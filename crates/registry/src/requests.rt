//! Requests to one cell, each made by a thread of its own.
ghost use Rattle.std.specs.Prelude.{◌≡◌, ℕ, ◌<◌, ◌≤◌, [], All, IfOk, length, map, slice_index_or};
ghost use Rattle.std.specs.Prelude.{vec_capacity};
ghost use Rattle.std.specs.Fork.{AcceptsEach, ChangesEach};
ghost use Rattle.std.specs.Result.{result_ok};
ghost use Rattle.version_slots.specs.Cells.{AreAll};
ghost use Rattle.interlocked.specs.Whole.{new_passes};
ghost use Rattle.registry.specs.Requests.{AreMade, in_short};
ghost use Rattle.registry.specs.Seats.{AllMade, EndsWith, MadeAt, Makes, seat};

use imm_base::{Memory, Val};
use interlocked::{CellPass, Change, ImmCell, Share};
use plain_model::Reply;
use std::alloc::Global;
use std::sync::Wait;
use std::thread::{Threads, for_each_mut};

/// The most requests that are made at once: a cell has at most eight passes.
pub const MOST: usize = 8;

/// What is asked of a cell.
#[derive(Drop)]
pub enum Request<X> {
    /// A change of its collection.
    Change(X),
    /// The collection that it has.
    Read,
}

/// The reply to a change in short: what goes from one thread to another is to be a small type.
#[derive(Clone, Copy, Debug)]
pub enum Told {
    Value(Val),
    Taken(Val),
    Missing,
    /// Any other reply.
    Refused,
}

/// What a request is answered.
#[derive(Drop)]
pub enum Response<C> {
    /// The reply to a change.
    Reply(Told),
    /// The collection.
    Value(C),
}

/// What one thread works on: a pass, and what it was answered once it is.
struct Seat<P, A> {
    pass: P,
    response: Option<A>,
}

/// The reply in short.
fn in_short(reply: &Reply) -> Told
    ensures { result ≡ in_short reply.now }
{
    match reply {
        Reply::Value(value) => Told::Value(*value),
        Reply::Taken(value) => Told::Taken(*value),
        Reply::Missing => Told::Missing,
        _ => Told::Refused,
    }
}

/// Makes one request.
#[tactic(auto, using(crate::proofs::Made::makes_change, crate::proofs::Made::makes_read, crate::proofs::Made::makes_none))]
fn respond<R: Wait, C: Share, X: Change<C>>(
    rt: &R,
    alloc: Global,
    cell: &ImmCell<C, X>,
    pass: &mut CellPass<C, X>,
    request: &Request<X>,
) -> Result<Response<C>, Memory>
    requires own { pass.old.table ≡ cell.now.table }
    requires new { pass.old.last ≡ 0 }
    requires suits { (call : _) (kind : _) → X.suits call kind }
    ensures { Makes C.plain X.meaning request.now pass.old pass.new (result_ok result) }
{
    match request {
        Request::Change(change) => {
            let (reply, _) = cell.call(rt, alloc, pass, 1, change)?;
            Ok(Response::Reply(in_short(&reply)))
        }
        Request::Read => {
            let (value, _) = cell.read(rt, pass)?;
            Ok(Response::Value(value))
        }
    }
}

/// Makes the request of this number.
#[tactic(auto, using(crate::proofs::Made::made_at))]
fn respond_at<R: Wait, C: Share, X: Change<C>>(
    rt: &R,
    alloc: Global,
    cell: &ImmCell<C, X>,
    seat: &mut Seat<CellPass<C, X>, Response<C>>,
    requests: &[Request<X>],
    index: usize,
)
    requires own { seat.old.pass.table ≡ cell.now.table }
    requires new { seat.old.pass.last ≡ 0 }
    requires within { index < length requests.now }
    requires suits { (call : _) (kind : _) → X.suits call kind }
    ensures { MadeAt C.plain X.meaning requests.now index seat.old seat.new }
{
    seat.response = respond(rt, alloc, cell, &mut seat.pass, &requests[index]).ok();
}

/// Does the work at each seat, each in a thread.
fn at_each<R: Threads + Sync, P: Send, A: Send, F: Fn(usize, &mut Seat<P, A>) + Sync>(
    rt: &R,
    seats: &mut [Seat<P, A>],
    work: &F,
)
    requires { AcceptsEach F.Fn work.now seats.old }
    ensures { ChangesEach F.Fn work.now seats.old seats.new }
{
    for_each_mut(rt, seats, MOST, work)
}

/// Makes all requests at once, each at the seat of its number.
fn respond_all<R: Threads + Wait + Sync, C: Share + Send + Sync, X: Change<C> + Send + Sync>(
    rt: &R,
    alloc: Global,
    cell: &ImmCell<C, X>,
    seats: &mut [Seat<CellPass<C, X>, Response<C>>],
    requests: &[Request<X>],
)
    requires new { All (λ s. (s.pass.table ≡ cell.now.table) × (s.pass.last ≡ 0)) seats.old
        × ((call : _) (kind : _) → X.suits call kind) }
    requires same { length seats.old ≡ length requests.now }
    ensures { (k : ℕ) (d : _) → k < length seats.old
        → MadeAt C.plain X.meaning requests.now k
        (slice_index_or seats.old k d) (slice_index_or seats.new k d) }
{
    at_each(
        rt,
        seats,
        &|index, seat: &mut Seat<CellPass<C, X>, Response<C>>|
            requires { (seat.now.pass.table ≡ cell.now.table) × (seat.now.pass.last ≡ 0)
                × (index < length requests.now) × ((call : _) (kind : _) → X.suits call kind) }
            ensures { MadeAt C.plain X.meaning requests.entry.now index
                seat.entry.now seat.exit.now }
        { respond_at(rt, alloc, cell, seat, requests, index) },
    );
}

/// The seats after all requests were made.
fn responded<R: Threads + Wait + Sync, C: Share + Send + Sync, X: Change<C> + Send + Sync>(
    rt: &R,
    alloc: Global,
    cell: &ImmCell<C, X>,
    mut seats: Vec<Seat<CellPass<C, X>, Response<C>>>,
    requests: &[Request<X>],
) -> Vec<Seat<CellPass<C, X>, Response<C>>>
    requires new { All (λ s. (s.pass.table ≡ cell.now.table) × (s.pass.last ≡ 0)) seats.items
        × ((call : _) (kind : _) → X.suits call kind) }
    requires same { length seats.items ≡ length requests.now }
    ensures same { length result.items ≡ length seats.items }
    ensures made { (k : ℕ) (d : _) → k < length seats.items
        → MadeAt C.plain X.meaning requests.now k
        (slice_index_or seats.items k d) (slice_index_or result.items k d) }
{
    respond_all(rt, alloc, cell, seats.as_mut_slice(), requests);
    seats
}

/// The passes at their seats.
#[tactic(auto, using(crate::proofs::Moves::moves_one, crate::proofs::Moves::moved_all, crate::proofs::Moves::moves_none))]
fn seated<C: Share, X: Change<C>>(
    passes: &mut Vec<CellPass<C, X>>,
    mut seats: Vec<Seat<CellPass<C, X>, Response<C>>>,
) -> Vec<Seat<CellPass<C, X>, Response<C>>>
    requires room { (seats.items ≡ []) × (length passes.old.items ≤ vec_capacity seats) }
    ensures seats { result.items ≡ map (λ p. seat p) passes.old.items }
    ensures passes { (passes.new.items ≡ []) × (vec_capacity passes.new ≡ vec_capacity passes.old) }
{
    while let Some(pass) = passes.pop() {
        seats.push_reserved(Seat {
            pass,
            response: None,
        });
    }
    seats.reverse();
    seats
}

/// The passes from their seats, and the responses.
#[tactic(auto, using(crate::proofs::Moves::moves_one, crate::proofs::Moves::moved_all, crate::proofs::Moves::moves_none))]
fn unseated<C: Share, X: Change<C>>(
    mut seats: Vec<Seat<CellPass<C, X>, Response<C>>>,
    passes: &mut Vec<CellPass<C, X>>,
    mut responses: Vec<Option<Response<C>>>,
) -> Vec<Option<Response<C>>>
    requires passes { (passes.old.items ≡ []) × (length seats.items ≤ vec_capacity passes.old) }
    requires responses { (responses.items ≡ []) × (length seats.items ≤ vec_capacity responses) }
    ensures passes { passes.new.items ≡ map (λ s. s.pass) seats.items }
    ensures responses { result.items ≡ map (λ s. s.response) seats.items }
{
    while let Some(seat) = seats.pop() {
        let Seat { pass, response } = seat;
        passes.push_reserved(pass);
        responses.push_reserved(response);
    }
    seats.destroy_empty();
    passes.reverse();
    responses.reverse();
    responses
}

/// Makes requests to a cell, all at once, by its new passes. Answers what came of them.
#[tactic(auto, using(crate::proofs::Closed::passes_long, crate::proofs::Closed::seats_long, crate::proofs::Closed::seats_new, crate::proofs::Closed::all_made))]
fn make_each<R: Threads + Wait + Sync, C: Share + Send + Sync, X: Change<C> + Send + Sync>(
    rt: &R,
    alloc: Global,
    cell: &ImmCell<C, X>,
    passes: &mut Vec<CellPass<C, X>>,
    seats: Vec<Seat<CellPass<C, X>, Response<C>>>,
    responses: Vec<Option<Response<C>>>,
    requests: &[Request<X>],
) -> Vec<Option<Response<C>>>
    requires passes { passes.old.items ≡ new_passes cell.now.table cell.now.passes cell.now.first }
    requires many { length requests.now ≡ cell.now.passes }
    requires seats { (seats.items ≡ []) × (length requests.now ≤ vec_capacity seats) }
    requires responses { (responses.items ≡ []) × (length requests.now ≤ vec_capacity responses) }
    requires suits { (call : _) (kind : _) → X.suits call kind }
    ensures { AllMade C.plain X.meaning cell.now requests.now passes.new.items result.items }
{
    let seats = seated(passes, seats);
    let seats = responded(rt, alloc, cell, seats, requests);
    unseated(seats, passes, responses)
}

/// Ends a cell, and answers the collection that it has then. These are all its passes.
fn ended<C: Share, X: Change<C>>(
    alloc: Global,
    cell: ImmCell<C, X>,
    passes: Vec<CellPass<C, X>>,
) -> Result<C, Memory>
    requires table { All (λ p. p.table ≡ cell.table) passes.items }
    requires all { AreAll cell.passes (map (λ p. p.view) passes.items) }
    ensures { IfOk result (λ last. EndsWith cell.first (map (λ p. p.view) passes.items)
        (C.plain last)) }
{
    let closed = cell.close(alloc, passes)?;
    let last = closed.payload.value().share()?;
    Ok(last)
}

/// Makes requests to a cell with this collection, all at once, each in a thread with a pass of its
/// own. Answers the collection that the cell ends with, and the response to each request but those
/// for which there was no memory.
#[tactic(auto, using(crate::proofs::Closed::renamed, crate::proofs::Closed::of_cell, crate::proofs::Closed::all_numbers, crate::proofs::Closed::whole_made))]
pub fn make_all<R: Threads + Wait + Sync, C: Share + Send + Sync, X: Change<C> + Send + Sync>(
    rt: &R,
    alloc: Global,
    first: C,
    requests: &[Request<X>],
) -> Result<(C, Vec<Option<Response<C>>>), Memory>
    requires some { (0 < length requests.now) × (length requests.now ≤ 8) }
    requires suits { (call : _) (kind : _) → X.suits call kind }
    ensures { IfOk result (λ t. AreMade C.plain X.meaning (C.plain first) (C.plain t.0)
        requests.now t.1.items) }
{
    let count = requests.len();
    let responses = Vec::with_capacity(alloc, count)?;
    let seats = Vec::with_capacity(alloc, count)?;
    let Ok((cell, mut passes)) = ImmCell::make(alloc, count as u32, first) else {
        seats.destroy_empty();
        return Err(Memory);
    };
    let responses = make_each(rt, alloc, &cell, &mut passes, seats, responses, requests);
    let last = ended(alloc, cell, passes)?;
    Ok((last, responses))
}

□ □ □ □

Would you retype exactly the lines above, from the line with "(s.pass.last ≡ 0)) seats.old" to the line with "at their seats.", with both end lines kept and nothing more?

▶ **Written answer**
    requires new { All (λ s. (s.pass.table ≡ cell.now.table) × (s.pass.last ≡ 0)) seats.old
        × ((call : _) (kind : _) → X.suits call kind) }
    requires same { length seats.old ≡ length requests.now }
    ensures { (k : ℕ) (d : _) → k < length seats.old
        → MadeAt C.plain X.meaning requests.now k
        (slice_index_or seats.old k d) (slice_index_or seats.new k d) }
{
    at_each(
        rt,
        seats,
        &|index, seat: &mut Seat<CellPass<C, X>, Response<C>>|
            requires { (seat.now.pass.table ≡ cell.now.table) × (seat.now.pass.last ≡ 0)
                × (index < length requests.now) × ((call : _) (kind : _) → X.suits call kind) }
            ensures { MadeAt C.plain X.meaning requests.entry.now index
                seat.entry.now seat.exit.now }
        { respond_at(rt, alloc, cell, seat, requests, index) },
    );
}

/// The seats after all requests were made.
fn responded<R: Threads + Wait + Sync, C: Share + Send + Sync, X: Change<C> + Send + Sync>(
    rt: &R,
    alloc: Global,
    cell: &ImmCell<C, X>,
    mut seats: Vec<Seat<CellPass<C, X>, Response<C>>>,
    requests: &[Request<X>],
) -> Vec<Seat<CellPass<C, X>, Response<C>>>
    requires new { All (λ s. (s.pass.table ≡ cell.now.table) × (s.pass.last ≡ 0)) seats.items
        × ((call : _) (kind : _) → X.suits call kind) }
    requires same { length seats.items ≡ length requests.now }
    ensures same { length result.items ≡ length seats.items }
    ensures made { (k : ℕ) (d : _) → k < length seats.items
        → MadeAt C.plain X.meaning requests.now k
        (slice_index_or seats.items k d) (slice_index_or result.items k d) }
{
    respond_all(rt, alloc, cell, seats.as_mut_slice(), requests);
    seats
}

/// The passes at their seats.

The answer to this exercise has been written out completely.